How should I understand the above statement? In particular, how should the word determine be interpreted in the above sentence? Here is an example:
Prove that two smooth atlas for a manifold determine the same maximal smooth atlas iff their union is a smooth atlas.
Is there a general interpretation of statements of this type?
Thank you for your time.
Kind regards,
Marius
 A: When you see a phrase in a mathematical discussion of the form "each of these things determines one of those things", that means there's a function lurking around. A function, after all, is something which, given an input from one set, determines an output in another set.
For example, the phrase "every smooth atlas determines a maximal smooth atlas" means that there is a function which inputs a smooth atlas and outputs a maximal smooth atlas.

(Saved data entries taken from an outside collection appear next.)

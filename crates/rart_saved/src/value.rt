//! Values that have a form as bytes.
ghost use Rattle.std.specs.Prelude.{◌≡◌, ◌≤◌, ◌++◌, ℕ, List, drop, length, IfErr, IfOk, OnOk};
ghost use Rattle.rart_saved.specs.Parts.{HasPart};
ghost use Rattle.rart_saved.specs.Refusals.{OnOtherErr, PointsInto};
ghost use Rattle.rart_saved.specs.Values.{eight_bytes, sized, LacksValue};

use crate::error::LoadError;
use crate::numbers::{number_at, put_number};
use std::alloc::{AllocError, Global};
use std::marker::Model;

/// A value that has a form as bytes, by which alone it is read.
///
/// The law says that no form begins another: what begins with a value's form is of that value.
pub trait SavedValue: Clone + Drop {
    /// The kind of values, which a file names. Kinds below 128 are this crate's.
    const KIND: u8;

    ghost KIND: { ℕ };

    ghost written: { Self → List ℕ };

    /// Writes the form behind what is there. Refused for memory, some of its bytes may be there.
    fn write(&self, out: &mut Vec<u8>) -> Result<(), AllocError>
        ensures { OnOk result (out.new.items ≡ out.old.items ++ written self.now) };

    /// The value whose form begins at an offset, and the offset behind it. Refused for another
    /// reason than memory, no value's form begins there.
    fn read(alloc: Global, bytes: &[u8], at: usize) -> Result<(Self, usize), LoadError>
        requires { at ≤ length bytes.now }
        ensures read { IfOk result (λ found. HasPart bytes.now at (written found.0) found.1) }
        ensures refused { OnOtherErr result (LacksValue written (drop at bytes.now)) }
        ensures points { IfErr result (PointsInto bytes.now) };

    ghost apart: { (x y : Self) (r s : List ℕ) → written x ++ r ≡ written y ++ s → x ≡ y };
}

/// A number is eight bytes, the least first.
impl SavedValue for u64 {
    ghost use Rattle.rart_saved.specs.Laws.{eight_bytes-apart};

    const KIND: u8 = 1;

    ghost KIND = { 1 };

    ghost written = { eight_bytes };

    fn write(&self, out: &mut Vec<u8>) -> Result<(), AllocError> {
        out.extend_from_slice(&self.to_le_bytes())?;
        Ok(())
    }

    fn read(_alloc: Global, bytes: &[u8], at: usize) -> Result<(u64, usize), LoadError> {
        if bytes.len() - at < 8 {
            return Err(LoadError::Truncated);
        }
        let mut eight = [0_u8; 8];
        eight.copy_from_slice(&bytes[at..at + 8]);
        Ok((u64::from_le_bytes(eight), at + 8))
    }

    ghost apart = { eight_bytes-apart };
}

/// A byte string as a value. Contracts see its bytes.
#[derive(Debug, Drop)]
pub struct ByteString {
    bytes: Vec<u8>,
}

impl Model for ByteString {
    ghost Value = { List ℕ };

    ghost view = { λ string. string.bytes.items };
}

impl Clone for ByteString {
    ghost is_clone = { λ value copy. copy ≡ value };

    fn clone(&self) -> Result<ByteString, AllocError> {
        Ok(ByteString {
            bytes: self.bytes.clone()?,
        })
    }
}

/// By their bytes, so that equal ones are the same to contracts.
impl PartialEq for ByteString {
    ghost use Rattle.std.proofs.Common.{rules};
    ghost use Rattle.std.specs.Cmp.Rules.{comparing};
    ghost use Rattle.std.specs.Str.{bytes_eq};

    ghost eq = { bytes_eq };

    ghost laws = { Prim.search (comparing, rules) };

    fn eq(&self, other: &ByteString) -> bool {
        self.as_slice() == other.as_slice()
    }
}

impl Eq for ByteString {
    ghost use Rattle.std.proofs.Common.{rules};
    ghost use Rattle.std.specs.Cmp.Rules.{comparing};

    ghost laws = { Prim.search (comparing, rules) };
}

impl ByteString {
    /// A copy of these bytes.
    pub fn new(alloc: Global, bytes: &[u8]) -> Result<ByteString, AllocError>
        ensures { IfOk result (λ string. string ≡ bytes.now) }
    {
        Ok(ByteString {
            bytes: bytes.to_vec(alloc)?,
        })
    }

    pub fn as_slice(&self) -> &[u8]
        ensures { result.now ≡ self.now }
    {
        self.bytes.as_slice()
    }
}

/// A byte string is its length and its bytes.
impl SavedValue for ByteString {
    ghost use Rattle.rart_saved.specs.Laws.{sized-apart};

    const KIND: u8 = 2;

    ghost KIND = { 2 };

    ghost written = { sized };

    fn write(&self, out: &mut Vec<u8>) -> Result<(), AllocError> {
        put_sized(out, self.as_slice())
    }

    fn read(alloc: Global, bytes: &[u8], at: usize) -> Result<(ByteString, usize), LoadError> {
        let (string, end) = sized_at(bytes, at)?;
        Ok((ByteString::new(alloc, string)?, end))
    }

    ghost apart = { sized-apart };
}

/// Writes a byte string behind what is there: its length and its bytes. Refused for memory, some of
/// them may be there. A type of yours that is a byte string has its form by it.
pub fn put_sized(out: &mut Vec<u8>, string: &[u8]) -> Result<(), AllocError>
    ensures { OnOk result (out.new.items ≡ out.old.items ++ sized string.now) }
{
    put_number(out, string.len() as u64)?;
    out.extend_from_slice(string)?;
    Ok(())
}

/// The bytes of the byte string whose form begins at an offset, and the offset behind them.
/// Refused, none's does.
pub fn sized_at(bytes: &[u8], at: usize) -> Result<(&[u8], usize), LoadError>
    requires { at ≤ length bytes.now }
    ensures read { IfOk result (λ found. HasPart bytes.now at (sized found.0.now) found.1) }
    ensures refused { IfErr result (λ _. LacksValue sized (drop at bytes.now)) }
    ensures points { IfErr result (PointsInto bytes.now) }
{
    let (count, from) = number_at(bytes, at)?;
    if count > (bytes.len() - from) as u64 {
        return Err(LoadError::Truncated);
    }
    let end = from + count as usize;
    Ok((&bytes[from..end], end))
}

Let's denote this function $\mathcal{X}$; I think of it as "the atlas maximizing function". Suppose one inputs a smooth atlas 
$$\mathcal{A} = \{(U_i,\phi_i) \, \bigm| \, i \in I\}
$$ 
for an $n$-dimensional manifold $M$ (using the notation $U_i \subset M$ and $\phi_i : U_i \to \mathbb{R}^n)$. The output atlas $\mathcal{X}(\mathcal{A})$ is given by throwing in everything that's missing:
$$\mathcal{X}(\mathcal{A}) = \{(V,\psi) \,\bigm|\, \text{for each $i \in I$, the overlap map between $(U_i,\phi_i)$ and $(V,\psi)$ is smooth}\}
$$
Notice that this is indeed a function: the input $\mathcal{A}$ determines the output $\mathcal{X}(\mathcal{A})$.
So in this particular exercise, one's job is to prove that for any smooth atlases $\mathcal{A}$ and $\mathcal{B}$ on the same manifold $M$, we have $\mathcal{X}(\mathcal{A}) = \mathcal{X}(\mathcal{B})$ if and only if $\mathcal{A} \cup \mathcal{B}$ is a smooth atlas for $M$.